DLMF NIST Math Functions Scraper
AIDEVELOPER TOOLS
DLMF NIST Math Functions Scraper
Scrapes the NIST Digital Library of Mathematical Functions (DLMF) — the authoritative reference for special functions in mathematics and physics — to produce a structured, machine-readable corpus of numbered equations with MathML, LaTeX source, and associated metadata.
What it does
The actor performs a three-level hierarchical crawl:
- Index — discovers all 36 DLMF chapters from the homepage
- Chapter pages — discovers all sections within each chapter (typically 10–20 sections)

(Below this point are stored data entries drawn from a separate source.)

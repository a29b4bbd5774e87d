//! What a command tells in one line: that a stream is refused, or what became of an adoption.
ghost use Rattle.std.specs.Prelude.{◌≡◌};
ghost use Rattle.rom_text.specs.Text.{line_text};
ghost use Rattle.rom_name.specs.Telling.{IsPrintedOr5, IsUnadoptedTold, TellsAdoption, unadopted_status};
ghost use Rattle.rom_name.specs.Texts.{refusal_text, unadopted_line};

use crate::adoption::{AdoptRefused, adopt};
use crate::meeting::Refusal;
use crate::text::{REFUSED, print_adopted, print_refusal};
use rom_device::Device;
use rom_model::Object;
use rom_text::{Sink, print_text};

/// The status where the line of what was done could not be printed.
const UNTOLD: u8 = 5;

/// The status where the device failed.
const DEVICE_FAILED: u8 = 7;

/// Prints why a stream is refused, and gives the status.
pub fn tell_refusal<K: Sink>(out: &mut K, refusal: &Refusal) -> u8
    ensures told { IsPrintedOr5 K.shown 3 (refusal_text refusal.now) out.old out.new result }
    ensures rest { K.shown.rest out.new ≡ K.shown.rest out.old }
{
    match print_refusal(out, refusal) {
        Ok(()) => REFUSED,
        Err(_) => UNTOLD,
    }
}

/// The line that tells why a copy is made no primary.
fn unadopted_text(why: AdoptRefused) -> &'static str
    ensures { result.now ≡ line_text (unadopted_line why) }
{
    match why {
        AdoptRefused::NoHeap => "refused: not a heap\n",
        AdoptRefused::NoName => "refused: no name\n",
        AdoptRefused::LastEpoch => "refused: last epoch\n",
        AdoptRefused::Device => "device failed\n",
    }
}

/// The status of it.
fn unadopted_number(why: AdoptRefused) -> u8
    ensures { result ≡ unadopted_status why }
{
    match why {
        AdoptRefused::Device => DEVICE_FAILED,
        _ => REFUSED,
    }
}

/// Prints why a copy is made no primary, and gives the status.
fn tell_unadopted<K: Sink>(out: &mut K, why: AdoptRefused) -> u8
    ensures told { IsUnadoptedTold K.shown why out.old out.new result }
    ensures rest { K.shown.rest out.new ≡ K.shown.rest out.old }
{
    let _ = print_text(out, unadopted_text(why));
    unadopted_number(why)
}

/// Makes a copy a primary as `adopt` does, prints what it begins or why it does not, and gives the status: 0, or 5
/// where it is a primary and the line could not be printed, 3 where it is refused, and 7 where the device failed.
pub fn adopt_and_tell<D: Device, O: Object, K: Sink>(device: &mut D, out: &mut K) -> u8
    ensures told { TellsAdoption D.shown K.shown device.old device.new out.old out.new result }
    ensures rest { K.shown.rest out.new ≡ K.shown.rest out.old }
{
    match adopt::<D, O>(device) {
        Ok(adopted) => match print_adopted(out, &adopted) {
            Ok(()) => 0,
            Err(_) => UNTOLD,
        },
        Err(why) => tell_unadopted(out, why),
    }
}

- Section pages — extracts every numbered equation including MathML, LaTeX TeX source, plain-text rendering, referenced symbols, and the canonical permalink
Across all 36 chapters the DLMF contains approximately 5,000–10,000 numbered equations. A full crawl completes in minutes at the default concurrency.
Output fields
| Field | Description |
|---|---|
chapter |
Chapter number (integer, 1–36) |
section |
Section identifier, e.g. 1.2 |
title |
Section title, e.g. Elementary Algebra |
equation_number |
DLMF equation number, e.g. 1.2.1 |
equation_mathml |
Full MathML XML for the equation |
equation_tex |
LaTeX source recovered from MathML alttext attribute |
equation_text |
Unicode plain-text rendering of the equation |
constraints |
Constraint text associated with the equation (if any) |
referenced_functions |
Pipe-separated list of symbol/function names referenced |
url |
Canonical DLMF permalink, e.g. http://dlmf.nist.gov/1.2.E1 |
Use cases
- Symbolic math / CAS training data — verified special-function formulas with LaTeX and MathML
- RAG / vector search corpora — ground-truth equation database for scientific-computing AI agents
- Formula search engines — structured index of equations by chapter/section with canonical IDs
- Verification datasets — NIST-authoritative identities for function evaluations
Input parameters
| Parameter | Type | Default | Description |
|---|---|---|---|
maxItems |
integer | 10 | Maximum number of equations to scrape (0 = unlimited) |
startChapter |
integer | 1 | First chapter to crawl (1–36) |
endChapter |
integer | 36 | Last chapter to crawl (1–36, omit for all) |
Example output record
{
"chapter": 1,
"section": "1.2",
"title": "Elementary Algebra",
"equation_number": "1.2.1",
"equation_tex": "\\genfrac{(}{)}{0.0pt}{}{n}{k}=\\frac{n!}{(n-k)!k!}",
"equation_text": "(nk)=n!/(n−k)!k!",
"constraints": "",
"referenced_functions": "(mn): binomial coefficient | !: factorial (as in n!) | n: nonnegative integer",
"url": "http://dlmf.nist.gov/1.2.E1"
}
Notes
- The DLMF is a US government publication (NIST). Content is in the public domain.
- No proxy required — dlmf.nist.gov is a clean US gov host with no anti-bot measures.
- Chapter 1 alone contains ~180 equations across 18 sections. Full 36-chapter run yields ~5,000+ records.
- Sections containing only notation tables (no numbered equations) return 0 results — this is expected.